Choose what you think is the most appropriate network evolution model for the genetic interaction network from the taxonomy of network evolution models (Image 6.15), or other model you deem appropriate. Explain why you chose it and compare to the observed genetic interaction network as before.

igraph and other libraries have methods to generate models according to BA-like network emergence models. Feel free to use those.

Qual: implement the network generation model yourself

A simple gene duplication model

The following procedure generates a network of size n based on a seed graph G_0 and parameters p (edge deletion) and r (node rewiring).
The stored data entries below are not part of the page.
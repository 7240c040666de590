// Statements: a statement's field, and what stands where one may.
// Every function is given the whole sheet s and the place of a statement's field in it.
#![tactic(auto, unfolding(crate::proofs::Opened::statements))]

ghost use Rattle.std.specs.Prelude.{◌≡◌, ◌+◌, ◌≤◌, length, OnOk};
ghost use Rattle.rules.specs.Format.{num16, times_fit, read_contents, read_statement, statement_here};
ghost use Rattle.field.specs.Outcome.{end_of, next_of, names_of};

use crate::codes::Code;
use crate::fields::{length_at, whole_field_at};
use crate::heads::field_at;
use crate::operands::{Names, action_end};
use crate::outcome::need;
use crate::tags::{STATEMENT, THREAD};
use crate::ticks::{Time, time16_at};
use refusal::{Fault, Refusal};

// ---- a statement's field

// Whether a statement of a code may have these times. The code is the sheet's number and no `Code`: 0 is halt's, and `retime` gives
// the number where it stands.
pub fn times_fit(c: usize, least: Time, greatest: Time) -> bool
    ensures { result ≡ times_fit c least.0 greatest.0 }
{
    if c == 0 {
        least.0 == 0 && greatest.0 == 0
    } else {
        1 <= least.0 && least <= greatest
    }
}

// The contents of a field whose body lies in the sheet.
fn contents_end(s: &[u8], names: Names, at: usize) -> Result<usize, Fault>
    requires { at + 3 + num16 s.now (at + 1) ≤ length s.now }
    ensures end { result ≡ end_of (read_contents (names_of names) s.now at) }
    ensures inside { OnOk result (at + 8 ≤ length s.now) }
{
    let n = length_at(s, at);
    need(5 <= n, Refusal::BadLength, at)?;
    let c = s[at + 7];
    let code = Code::try_from(c).map_err(|refusal| Fault { refusal, place: at })?;
    need(code.length_fits(n), Refusal::BadLength, at)?;
    let least = time16_at(s, at + 3);
    let greatest = time16_at(s, at + 5);
    need(
        times_fit(usize::from(c), least, greatest),
        Refusal::OffRange,
        at,
    )?;
    action_end(s, names, at, code, n)
}

// A statement's field: the body first, then its contents.
pub fn statement_end(s: &[u8], names: Names, at: usize) -> Result<usize, Fault>
    ensures end { result ≡ end_of (read_statement (names_of names) s.now at) }
    ensures inside { OnOk result (at + 8 ≤ length s.now) }
{
    need(whole_field_at(s, at), Refusal::Short, at)?;
    contents_end(s, names, at)
}

// ---- what stands where a statement may

// Whether one more stands there, or else the end of the thread, which is not before its first statement. n is how many were read.
pub fn statement_here(s: &[u8], n: usize, at: usize) -> Result<bool, Fault>
    ensures { result ≡ next_of at (statement_here n s.now at) }
{
    if 0 < n && at == s.len() {
        return Ok(false);
    }
    let f = field_at(s, at)?;
    match f.tag {
        STATEMENT => Ok(true),
        THREAD if 0 < n => Ok(false),
        _ => Err(Fault {
            refusal: Refusal::OutOfTurn,
            place: at,
        }),
    }
}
It follows the description in [1]

Start from a seed graph G_0 of size n_0
For t=1,...,(n-n_0):
a. Select vertex v_t uniformly at random from graph G_{t-1} and duplicate it by adding new node v with the same links as v_t. This creates graph G_t.
b. For each edge connecting new vertex v, delete it with probability p c. For each vertex u not connected to new vertex v, connect u and v with probability r/|V(t)| where V(t) is the set of vertices in graph G_t.

Papers for inspiration

[1] Hormozidari et al. (2007). “Not all scale-free networks are born equal: the role of the seed graph in PPI network evolution”. PLOS Computational Biology. https://journals.plos.org/ploscompbiol/article?id=10.1371/journal.pcbi.0030118

[2] de Silva and Stumpf (2005). “Complex networks and simple models in biology”. Journal of the Royal Society Interface. http://rsif.royalsocietypublishing.org/content/2/5/419.short?casa_token=YkYfAECQUlUAAAAA:ios3YlYfBo6ddDmnUJrWPVQdX2PkmipKgsde6sQQJjwxHgXegDlD3L6T5nFcl2yp4kVFwqLt-L4H0TEw

[3] Pastor-Satorras, Smith and Sole (2003). “Evolving protein interaction networks through gene duplication”. Journal of Theoretical Biology. https://www.sciencedirect.com/science/article/pii/S0022519303000286

[4] Zhao and Mooney (2012). “Functional organization and its implication in evolution of the human protein-protein interaction network”. BMC Genomics. https://bmcgenomics.biomedcentral.com/articles/10.1186/1471-2164-13-150

[5] Hallinan (2004). “Gene duplication and hierarchical modularity in intracellular interaction networks”. Biosystems. https://www.sciencedirect.com/science/article/pii/S0303264704000309?via%3Dihub

[6] Almaas et al. (2007). “Scale-free networks in biology”. https://www.worldscientific.com/doi/abs/10.1142/9789812772367_0001

What to turn in

Turn in a single pdf containing plots and answers to each exercise. Make sure to comment on how you processed data to get an adjacency matrix. If you used the method described above state so, if you did something else, please describe what you did. Include all code used to answer this in your pdf. If using R, I recommend you use Rmarkdown to do this project. If using Python, I recommend you use a Jupyter notebook.

You can work in self-organizing groups of at most 3 of your classmates. On ELMS, please have every member of the group submit the same pdf.